WordPress / performance

Performance plugin from the WordPress Performance Group, which is a collection of standalone performance modules.
https://wordpress.org/plugins/performance-lab/
GNU General Public License v2.0
354 stars 95 forks source link

Internal state of the page (e.g. queried posts or queried object) should factor into whether a stored URL metric is fresh #1466

Open westonruter opened 1 month ago

westonruter commented 1 month ago

This was originally brought up in https://github.com/WordPress/performance/pull/878#discussion_r1393132794.

There is a TODO currently in od_get_normalized_query_vars():

https://github.com/WordPress/performance/blob/73f223598df758e507dcfd14e09681e156a850d2/plugins/optimization-detective/storage/data.php#L59

Consider a homepage that shows 10 posts. None of the posts have featured images. URL metrics have been fully populated for the page in this state. Then someone publishes a new post that includes a featured image. All of a sudden there is a new image on the page which may be LCP, and yet the URL metrics have no record of this element. Nevertheless, by default the URL metrics are considered fresh by default for 1 day, which means it could take a day for that new image to start getting optimized.

One way to deal with this would be to include the IDs of the posts in the query among the normalized query vars. This could similarly handle the case where the static front page is changed. For example, in od_get_normalized_query_vars():

if ( is_singular() ) {
    $normalized_query_vars['queried_object_id'] = get_queried_object_id();
} else {
    $normalized_query_vars['queried_post_ids'] = join( ',', wp_list_pick( $GLOBALS['wp_query']->posts, 'ID' ) );
}

When the query vars change, this results in an entirely separate od_url_metrics post being used, as the normalized query vars are passed into od_get_url_metrics_slug() to obtain a MD5 hash which is used as the post_name.

Nevertheless, this seems somewhat of an abuse of the normalized query vars here, since these new "query vars" aren't actually part of the query at all. In reality, a new URL metrics post shouldn't be created, as it should instead update the existing post. If it creates a new post, then the old one will stick around until it is garbage-collected after a month.

Instead of creating a new URL metrics post entirely, perhaps there should be some kind of "ETag" which is stored with each URL metric. This also is proposed in #1424 where the list of registered tag visitors should factor into the composition of the ETag for a URL metric so that when a new tag visitor is registered (e.g. after a plugin is activated), then all URL metrics would immediately be considered stale so that new ones can be collected.

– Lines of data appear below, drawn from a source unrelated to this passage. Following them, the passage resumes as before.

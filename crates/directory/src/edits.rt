//! Entries put and taken out: the directories that a look up went through written anew, from the
//! deepest up.
ghost use Rattle.std.specs.Prelude.{◌≡◌, ◌+◌, ◌<◌, true, false, length, drop, slice_index, Some, None, IsSome, Ok, IfOk, IfSome};
ghost use Rattle.std.specs.Option.{is_some};
ghost use Rattle.node_format.specs.Items.{is_place};
ghost use Rattle.node_format.specs.declared.place.Place.TheVariants.{Dir};
ghost use Rattle.nodes.specs.Trees.{leads, entries_in, items_in};
ghost use Rattle.nodes.specs.Rewritten.{IsDirectoryEdit, IsFreshChain, IsRewritten};
ghost use Rattle.directory.specs.Counts.{edit_nodes, read_nodes, path_nodes, written_nodes};
ghost use Rattle.directory.specs.Lookups.{look_up};
ghost use Rattle.directory.specs.declared.lookups.Found.TheVariants.{Missing};
ghost use Rattle.directory.specs.Edits.{OnlyReaches};
ghost use Rattle.directory.specs.Making.{IsNewDirectory};
ghost use Rattle.directory.specs.Trails as spec;
ghost use Rattle.nodes.specs.Words.{IsHeld, Keeps, WorksWithin};

use crate::list_writes::write_list;
use crate::node_lists::{edit_list, read_list};
use crate::trail::Trail;
use fs_types::{Fault, MIN_BLOCK_BYTES, Name, Path};
use node_format::{Place, empty_directory};
use nodes::Nodes;
use std::alloc::Global;

/// Writes the directory that begins in a block anew, with a name leading to a place, or to nothing.
/// Where a name that is there leads to another place, the nodes after the one with the name stay as
/// they are, and are neither read nor written. Answers the block of its first node.
pub(crate) fn edit_directory<N: Nodes>(
    alloc: Global,
    nodes: &mut N,
    block: u32,
    name: &Name,
    place: Option<Place>,
) -> Result<u32, Fault>
    requires sound { N.is_sound nodes.old }
    requires place { IfSome place (λ p. is_place p ≡ true) }
    requires takes { spec.takes (entries_in (N.node nodes.old) block) name.now place ≡ true }
    requires held { IsHeld N.Nodes nodes.old (Dir block) }

    // The new directory.
    ensures edited { IfOk result (λ to. IsDirectoryEdit (N.node nodes.old) (N.node nodes.new) block to name.now place × IsFreshChain (N.node nodes.old) (N.node nodes.new) (N.kept nodes.old) (N.kept nodes.new) block to) }

    // What it is refused with, and what it asks for.
    ensures calls { WorksWithin N.Nodes spec.IsChangeFault (read_nodes (items_in (N.node nodes.old) block) name.now (is_some place)) (edit_nodes (items_in (N.node nodes.old) block) name.now (is_some place)) nodes.old result nodes.new }
    ensures written { IfOk result (λ _. N.writes nodes.new ≡ N.writes nodes.old + written_nodes (items_in (N.node nodes.old) block) name.now place) }
{
    let (read, tail) = read_list(alloc, nodes, block, name, place)?;
    let edited = edit_list(alloc, &read.list(), name, place)?;
    write_list(alloc, nodes, &edited.list(), tail)
}

/// Writes the directories of a trail anew from one level down, the deepest first, so that the last
/// name leads to a place, or to nothing. Answers the block of the new one in place of the first.
pub(crate) fn rewrite_from<N: Nodes>(
    alloc: Global,
    nodes: &mut N,
    trail: &[u32],
    names: &[Name],
    level: usize,
    place: Option<Place>,
) -> Result<u32, Fault>
    requires sound { N.is_sound nodes.old }
    requires level { level < length names.now }
    requires place { IfSome place (λ p. is_place p ≡ true) }
    requires way { spec.IsHeldTrail (N.node nodes.old) (N.kept nodes.old) names.now trail.now }
    requires taken { spec.TakesName (N.node nodes.old) trail.now names.now place }

    // The new directories.
    ensures rewritten { IfOk result (λ to. IsRewritten (N.node nodes.old) (N.node nodes.new) (N.kept nodes.old) (N.kept nodes.new) (slice_index trail.now level) to (drop level names.now) place) }

    // What it is refused with, and what it asks for.
    ensures calls { WorksWithin N.Nodes spec.IsChangeFault (path_nodes (N.node nodes.old) trail.now names.now false level) (path_nodes (N.node nodes.old) trail.now names.now (is_some place) level) nodes.old result nodes.new }
{
    let last = names.len() - 1;
    let mut to = edit_directory(alloc, nodes, trail[last], &names[last], place)?;
    for i in (level..last).rev() {
        let below = Place::Dir { block: to };
        to = edit_directory(alloc, nodes, trail[i], &names[i], Some(below))?;
    }
    Ok(to)
}

/// Puts an entry: the last name of a path below a root leads to a place, and all else stays. `trail`
/// is that of the path below the root, and the name is there, or there is room for it, as a look up
/// told. Each directory along the path is read once more and written anew, the deepest first, but for
/// the nodes after the one with its name. Answers the block of the new root. The old root stays as it
/// was, whatever is answered.
///
/// Refused only with what reads and writes are refused with, and with `NoMemory`.
pub fn put_entry<N: Nodes>(
    alloc: Global,
    nodes: &mut N,
    root: u32,
    trail: &Trail,
    path: &Path,
    place: Place,
) -> Result<u32, Fault>
    requires sound { N.is_sound nodes.old }
    requires place { is_place place ≡ true }
    requires sought { spec.IsSought (N.node nodes.old) (N.kept nodes.old) root path.now trail.now }
    requires room { spec.has_room (look_up (N.node nodes.old) root path.now) ≡ true }

    // The new tree, and that the old one stays.
    ensures rewritten { IfOk result (λ to. IsRewritten (N.node nodes.old) (N.node nodes.new) (N.kept nodes.old) (N.kept nodes.new) root to path.now (Some place)) }
    ensures reaches { IfOk result (λ to. OnlyReaches (N.node nodes.old) (N.node nodes.new) (N.kept nodes.old) root to (Some place)) }
    ensures keeps { Keeps N.Nodes nodes.old nodes.new }

    // What it is refused with, and what it asks for.
    ensures calls { WorksWithin N.Nodes spec.IsChangeFault (path_nodes (N.node nodes.old) trail.now path.now false 0) (path_nodes (N.node nodes.old) trail.now path.now true 0) nodes.old result nodes.new }
{
    let blocks = trail.blocks();
    let begins = blocks[0] == root;
    prove!(begins);
    rewrite_from(alloc, nodes, blocks, path.names(), 0, Some(place))
}

/// Takes an entry out: the last name of a path below a root leads nowhere, and all else stays.
/// `trail` is that of the path below the root, and something stands there, as a look up told. What
/// is read, written, answered and refused is as with `put_entry`.
pub fn remove_entry<N: Nodes>(
    alloc: Global,
    nodes: &mut N,
    root: u32,
    trail: &Trail,
    path: &Path,
) -> Result<u32, Fault>
    requires sound { N.is_sound nodes.old }
    requires sought { spec.IsSought (N.node nodes.old) (N.kept nodes.old) root path.now trail.now }
    requires stands { IsSome (leads (N.node nodes.old) (Dir root) path.now) }

    // The new tree, and that the old one stays.
    ensures rewritten { IfOk result (λ to. IsRewritten (N.node nodes.old) (N.node nodes.new) (N.kept nodes.old) (N.kept nodes.new) root to path.now None) }
    ensures reaches { IfOk result (λ to. OnlyReaches (N.node nodes.old) (N.node nodes.new) (N.kept nodes.old) root to None) }
    ensures keeps { Keeps N.Nodes nodes.old nodes.new }

    // What it is refused with, and what it asks for.
    ensures calls { WorksWithin N.Nodes spec.IsChangeFault (path_nodes (N.node nodes.old) trail.now path.now false 0) (path_nodes (N.node nodes.old) trail.now path.now false 0) nodes.old result nodes.new }
{
    let blocks = trail.blocks();
    let begins = blocks[0] == root;
    prove!(begins);
    rewrite_from(alloc, nodes, blocks, path.names(), 0, None)
}

/// Puts a new empty directory at a path whose last name is missing from a directory with room for
/// it, as a look up told, with `trail` that of the path below the root. Its node is written first,
/// then the directories along the path anew, each of which is read once more. Answers the block of
/// the new root. The old root stays as it was, whatever is answered.
///
/// Refused only with what reads and writes are refused with, and with `NoMemory`.
pub fn put_directory<N: Nodes>(
    alloc: Global,
    nodes: &mut N,
    root: u32,
    trail: &Trail,
    path: &Path,
) -> Result<u32, Fault>
    requires sound { N.is_sound nodes.old }
    requires held { IsHeld N.Nodes nodes.old (Dir root) }
    requires way { spec.IsTrail (N.node nodes.old) root path.now trail.now }
    requires missing { look_up (N.node nodes.old) root path.now ≡ Ok (Missing false) }

    // The new tree, and that the old one stays.
    ensures made { IfOk result (λ to. IsNewDirectory (N.node nodes.old) (N.node nodes.new) (N.kept nodes.old) (N.kept nodes.new) root to path.now) }
    ensures reaches { IfOk result (λ to. OnlyReaches (N.node nodes.old) (N.node nodes.new) (N.kept nodes.old) root to None) }
    ensures keeps { Keeps N.Nodes nodes.old nodes.new }

    // What it is refused with, and what it asks for.
    ensures calls { WorksWithin N.Nodes spec.IsChangeFault (path_nodes (N.node nodes.old) trail.now path.now false 0) (path_nodes (N.node nodes.old) trail.now path.now true 0 + 1) nodes.old result nodes.new }
{
    let fits = nodes.block_bytes() as usize >= MIN_BLOCK_BYTES;
    prove!(fits);
    let block = nodes.write(&empty_directory())?;
    let to = put_entry(alloc, nodes, root, trail, path, Place::Dir { block })?;
    Ok(to)
}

This is also related to another TODO:

https://github.com/WordPress/performance/blob/73f223598df758e507dcfd14e09681e156a850d2/plugins/optimization-detective/optimization.php#L244

Instead of having to manually collect the various parts of page state that may affect the elements stored in URL metrics, we could instead know by time we finish iterating over the document whether the elements we saw correspond to the elements which were stored in the most recent URL metric. If not, then the URL metric should be considered stale and new URL metrics should be collected. But there is a bit of a chicken-and-egg problem here because the REST API endpoint will reject any requests when the URL metrics are fresh. Since the REST API endpoint doesn't know the result of iterating over the page during optimization, it doesn't know that new URL metrics should in fact be allowed. Also, if the URL metrics were all fresh then the requisite data-od-xpath attributes aren't added to the output for detect.js to use when collecting the URL metrics. So once it gets to the end of iterating over all the tags, it would have to go back over them from the beginning and add these attributes. Or it could add them unconditionally on the first pass, and then strip them all out when not needed during a second pass (but this seems not ideal to have to do with every response). This is opposed to the current approach to conditionally add them:

https://github.com/WordPress/performance/blob/73f223598df758e507dcfd14e09681e156a850d2/plugins/optimization-detective/optimization.php#L229-L231

Several things to ruminate on here.

westonruter commented 1 month ago

The current template that was selected should also be considered as part of the ETag. If a theme all of a sudden is updated so that there is a category.php template file that overrides the generic category.php then likely this should result in the URL metrics being considered stale.